# What small vitola would you order?



## Blueface (May 28, 2005)

I have never been a fan of small vitolas.
The smallest you would ever catch me with is a Robusto.

Lately, I find my time during the week is much too limited to truly enjoy a cigar all the way through to the nub. I therefore find myself kicking my own butt as I hate wasting a great cigar.

I think I will do something I have never done other than on a box split, and that is to place an order for a box or two of small boogers for quick fixes.

What do you guys think should be number 1 and number 2 of the choices? Any better suggestions are welcome also.


----------



## dayplanner (Dec 11, 1997)

I like SCDLH principes when I need a good short smoke. Hard to go wrong with trini reyes and sigI's also.


----------



## Blueface (May 28, 2005)

carbonbased_al said:


> I like SCDLH principes when I need a good short smoke.
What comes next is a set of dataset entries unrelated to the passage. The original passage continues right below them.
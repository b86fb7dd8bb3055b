//! The tree of tables.
ghost use Rattle.std.specs.Prelude.{◌≡◌, ◌≢◌, ◌⊎◌, ◌≤◌, ◌<◌, ◌+◌, ◌-◌, ℕ, List, [], Some, false, length, max, slice_get, IsTrue, IfOk, IfErr, OnOk, OnErr};
ghost use Rattle.gv_types.specs.declared.mapping.BufferId.{BufferId};
ghost use Rattle.gv_types.specs.declared.fault.Fault.TheVariants.{OutOfMemory};
ghost use Rattle.gv_types.specs.declared.mapping.Mapping.{Mapping};
ghost use Rattle.gv_types.specs.PageRange.{end_of};
ghost use Rattle.gv_ranges.specs.List.{at, IsLaidOut, AreEnded};
ghost use Rattle.gv_ranges.specs.Edit.{clipped};
ghost use Rattle.gv_table.specs.Kinds.{Kind, of, none, AreEnough};
ghost use Rattle.gv_table.specs.BufferNames.{most_names, AreNamed};

use crate::fast_path::try_paint_slot;
use crate::levels::TOP_LEVEL;
use crate::names::extend_names;
use crate::needed_tables::needed_in_tree;
use crate::paint::paint_tree;
use crate::release::free_tables;
use crate::slot::{Slot, give_back, give_pages_back};
use crate::slot_position::{Excerpt, SlotPosition};
use crate::spares::Spares;
use crate::table_counts::TableCounts;
use crate::unnamed_list::UnnamedList;
use crate::walk::walk_tree;
use gv_ranges::{RangeList, Reader};
use gv_types::{BufferId, Entry, Fault, Packed, PageRange, SPACE_PAGES};
use std::alloc::Global;
use std::marker::Model;

/// The tree of tables of a list of mappings: what a GPU's page table would be, with leaves of one
/// page, 512 pages and 262,144 pages. Its slots tell a buffer by its index alone; the table keeps the id that stands for each.
pub struct PageTable {
    root: Slot,
    counts: TableCounts,
    names: Vec<BufferId>,
}

impl Model for PageTable {
    ghost use Rattle.gv_table.specs.Named.{named, IsConsistent};
    ghost use Rattle.gv_table.specs.Table.{PageTable};

    ghost Value = { PageTable };

    ghost use Rattle.gv_table.specs.contracts.slot.Slot as slot;
    ghost use Rattle.std.specs.Coded.{codes};

    ghost coded = { Prim.hlevel (codes, slot.the_row.coded) };

    ghost view = { λ t. record { root = named t.names.items t.root; names = t.names.items } };

    ghost invariant = { λ t. IsConsistent t.root t.counts t.names.items };
}

impl Drop for PageTable {
    // A table that drops those below it needs a frame as large as itself for each level, so the tree is taken down first.
    fn drop(mut self) {
        self.take_down();
        let PageTable {
            root,
            counts: _,
            names: _,
        } = self;
        match root {
            Slot::Pages(table) => give_pages_back(table),
            Slot::Table(slots) => give_back(slots),
            Slot::Empty | Slot::Zero { .. } | Slot::Buffer { .. } => {}
        }
    }
}

impl PageTable {
    ghost use Rattle.gv_table.specs.Table.{IsTree, IsEntryAt, FitsOutside, gained_by, lost_by, needed_for};
    ghost use Rattle.gv_table.specs.Table.{tables_by_level, tables_of, tables_by_kind};
    ghost use Rattle.gv_table.specs.Patch.{IsPatched};
    ghost use Rattle.gv_table.specs.PatchOf.{IsPatchOf};

    /// The tree of no mapping: it has no table, and takes no memory.
    pub fn new(alloc: Global) -> PageTable
        ensures { IsTree [] result }
    {
        PageTable {
            root: Slot::Empty,
            counts: TableCounts::new(),
            names: Vec::new(alloc),
        }
    }

    /// Makes it the tree of no mapping. The tables go back to the system one after another.
    #[inline(never)]
    fn take_down(&mut self)
        ensures { IsTree [] self.new }
    {
        free_tables(&mut self.root, TOP_LEVEL);
        self.counts = TableCounts::new();
    }

    /// Makes room for the name of a buffer's index, where it is missing, and for none behind it. `OutOfMemory` where the system refuses
    /// it, and only where that room was missing.
    pub fn reserve_name(&mut self, index: u32) -> Result<(), Fault>
        requires { index < most_names }
        ensures needed { OnErr result (length self.old.names ≤ index) }
        ensures ok { OnOk result (index < length self.new.names) }
        ensures length { OnOk result (length self.new.names ≡ max (length self.old.names) (index + 1)) }
        ensures same { (k : ℕ) (id : BufferId) → slice_get self.old.names k ≡ Some id → slice_get self.new.names k ≡ Some id }
        ensures tree { (ms : List Mapping) → IsTree ms self.old → AreNamed self.new.names ms → IsTree ms self.new }
        ensures present { tables_by_kind self.new ≡ tables_by_kind self.old }
        ensures err { IfErr result (λ fault. fault ≡ OutOfMemory) }
        ensures unchanged { OnErr result (self.new ≡ self.old) }
    {
        Ok(extend_names(&mut self.names, index)?)
    }

    /// Tells which buffer an index stands for from now on, where there is room for its name. It takes no memory.
    pub fn name(&mut self, id: BufferId)
        requires { id.index < length self.old.names }
        ensures length { length self.new.names ≡ length self.old.names }
        ensures named { slice_get self.new.names id.index ≡ Some id }
        ensures others { (other : BufferId) → other.index ≢ id.index → slice_get self.old.names other.index ≡ Some other
            → slice_get self.new.names other.index ≡ Some other }
        ensures tree { (ms : List Mapping) → IsTree ms self.old → AreNamed self.new.names ms → IsTree ms self.new }
        ensures present { tables_by_kind self.new ≡ tables_by_kind self.old }
    {
        self.names[id.index as usize] = id;
    }

    /// Gives room for names back that no index needs.
    pub fn shrink(&mut self)
        ensures { self.new ≡ self.old }
    {
        self.names.shrink_to_fit();
    }

    /// What a page holds: at most five steps from table to table. None past the end of the address
    /// space.
    pub fn walk(&self, page: u64) -> Option<Entry>
        ensures { IsEntryAt self.now page result }
    {
        if page >= SPACE_PAGES {
            return None;
        }
        walk_tree(&self.root, &self.names, page)
    }

    /// How many tables stand at the levels 4, 3, 2, 1 and 0. The numbers are kept: nothing is walked.
    pub fn tables(&self) -> [u64; 5]
        ensures present { result ≡ tables_by_level self.now }
        ensures wanted { (ms : List Mapping) → IsTree ms self.now → result ≡ tables_of ms }
    {
        self.counts.descending()
    }

    /// Empty tables for a paint after which the list holds these pieces in the range: enough for
    /// each list that is like the one of this tree outside the range. `OutOfMemory` where the
    /// system refuses the memory for one, so only where some are needed; those made so far are given back to it.
    pub fn spare(&self, alloc: Global, range: PageRange, pieces: &[Packed]) -> Result<Spares, Fault>
        requires { IsLaidOut pieces.now }
        ensures number { IfOk result (λ spares. spares ≡ needed_for pieces.now range self.now) }
        ensures enough { IfOk result (λ spares. (ms : List Mapping) → IsLaidOut ms
            → FitsOutside ms range self.now
            → clipped range.first (end_of range) ms ≡ pieces.now → AreEnough spares (gained_by ms self.now)) }
        ensures err { IfErr result (λ fault. fault ≡ OutOfMemory) }
        ensures some_needed { OnErr result (needed_for pieces.now range self.now ≢ none) }
    {
        let pieces = UnnamedList::of(Reader::of_slice(pieces));
        Ok(Spares::make(alloc, needed_in_tree(&self.root, &pieces, range))?)
    }

    /// Paints a range that lies in one table of pages, or one of whole slots of another table, none of which is a table, and each of which
    /// one mapping is to hold whole or none to meet. That table has to stand and to stay: whether it did, and if not, nothing changed.
    /// Of the list, which need not be the one that the tree is to be of yet, the pieces tell what it says of the range, and `some` where
    /// one of its mappings lies. No table is gained or lost, and it takes no memory.
    pub fn try_paint_within(&mut self, range: PageRange, pieces: &[Packed], some: PageRange) -> bool
        requires laid_out { IsLaidOut pieces.now }
        requires named { AreNamed self.old.names pieces.now }
        requires list { IsPatchOf self.old range pieces.now some }
        ensures not { result ≡ false → self.new ≡ self.old }
        ensures names { self.new.names ≡ self.old.names }
        ensures present { tables_by_kind self.new ≡ tables_by_kind self.old }
        ensures tree { IsTrue result → (ms : List Mapping) → IsPatched ms pieces.now range some → AreNamed self.old.names ms
            → FitsOutside ms range self.old → IsTree ms self.new }
        ensures none { IsTrue result → (ms : List Mapping) → IsLaidOut ms → IsTree ms self.old → gained_by ms self.new ≡ none }
    {
        // Tells that the range lies in the space.
        let _first = range.first();
        let pieces = UnnamedList::of(Reader::of_slice(pieces));
        let excerpt = Excerpt {
            mappings: &pieces,
            range,
            position: 0,
        };
        let slot_at = SlotPosition {
            level: TOP_LEVEL,
            first: 0,
        };
        try_paint_slot(&mut self.root, slot_at, &excerpt, some)
    }

    /// Makes the tree that of the list, where it fits the list outside the range. It takes from the
    /// spares just the tables that the tree gains, puts just those that it loses to the ones pruned from it, and takes no memory. So
    /// many are needed to paint the list back that the tree was of. The mappings before the position end before the range: it looks
    /// at those from there on that meet the range, and at one neighbour.
    pub fn paint(
        &mut self,
        list: &RangeList,
        range: PageRange,
        position: usize,
        spares: &mut Spares,
        pruned: &mut Spares,
    )
        requires ended { AreEnded list.now.mappings range.first position }
        requires fitted { FitsOutside list.now.mappings range self.old }
        requires named { AreNamed self.old.names list.now.mappings }
        requires enough { AreEnough spares.old (gained_by list.now.mappings self.old) }
        ensures tree { IsTree list.now.mappings self.new }
        ensures names { self.new.names ≡ self.old.names }
        ensures taken { (kind : Kind) → of kind spares.new + of kind (gained_by list.now.mappings self.old)
            ≡ of kind spares.old }
        ensures put { (kind : Kind) → of kind pruned.new
            ≡ of kind pruned.old + of kind (lost_by list.now.mappings self.old) }
        ensures back { (ms : List Mapping) → IsLaidOut ms → IsTree ms self.old
            → gained_by ms self.new ≡ lost_by list.now.mappings self.old }
    {
        let mappings = UnnamedList::of(Reader::of_list(list, position));
        let excerpt = Excerpt {
            mappings: &mappings,
            range,
            position,
        };
        paint_tree(&mut self.root, &excerpt, spares, pruned, &mut self.counts);
    }
}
Hard to go wrong with trini reyes and sigI's also.


Good point on the Sig I's.
Never considered them due to wanting to try other brands.
I love the Sig VI, IV, Sublimes and Robustos and am sure the I's can't disappoint but figured I would give another brand a shot.


----------



## RPB67 (Mar 26, 2005)

Party Shorts then the Monte 4s.


----------



## Ivory Tower (Nov 18, 2005)

I'd say the SLR PC or Trini Reyes, just for something different. Good reviews on them both also.


----------



## Simplified (Feb 18, 2006)

I have a few on your list but keep reaching for the PS when I open my humi.


----------



## DonJefe (Dec 1, 2003)

Rascc!


----------



## moon (Jun 12, 2006)

You have a huge variety there. First you cannot go wrong because they are all good. What do you reach for 7 times out of 10 when you go for a cuban? I would start there. Then because you have been around these vines and trees for a while I'm sure you can trade for a sampler of the above mentioned cigar goodness. If not and you don't mind trading with a young monkey I can maybe help you sample 3 or 4 on your list before you make a decision.


----------



## Timberlake2006 (Sep 8, 2006)

I would get the Trini's b/c I just love the lil curly heads


----------



## omowasu (Aug 9, 2006)

Monte IV's are good, cheap, and about the right size for your endeavors. The Monte V is a little too small for my tastes, but still good. Everyone here is going to recommend the Party Shorts though. Never had one, so I cant comment on that - but they are popular among the BOTLs here.


----------



## Blueface (May 28, 2005)

omowasu said:


> Monte IV's are good, cheap, and about the right size for your endeavors. The Monte V is a little too small for my tastes, but still good. Everyone here is going to recommend the Party Shorts though. Never had one, so I cant comment on that - but they are popular among the BOTLs here.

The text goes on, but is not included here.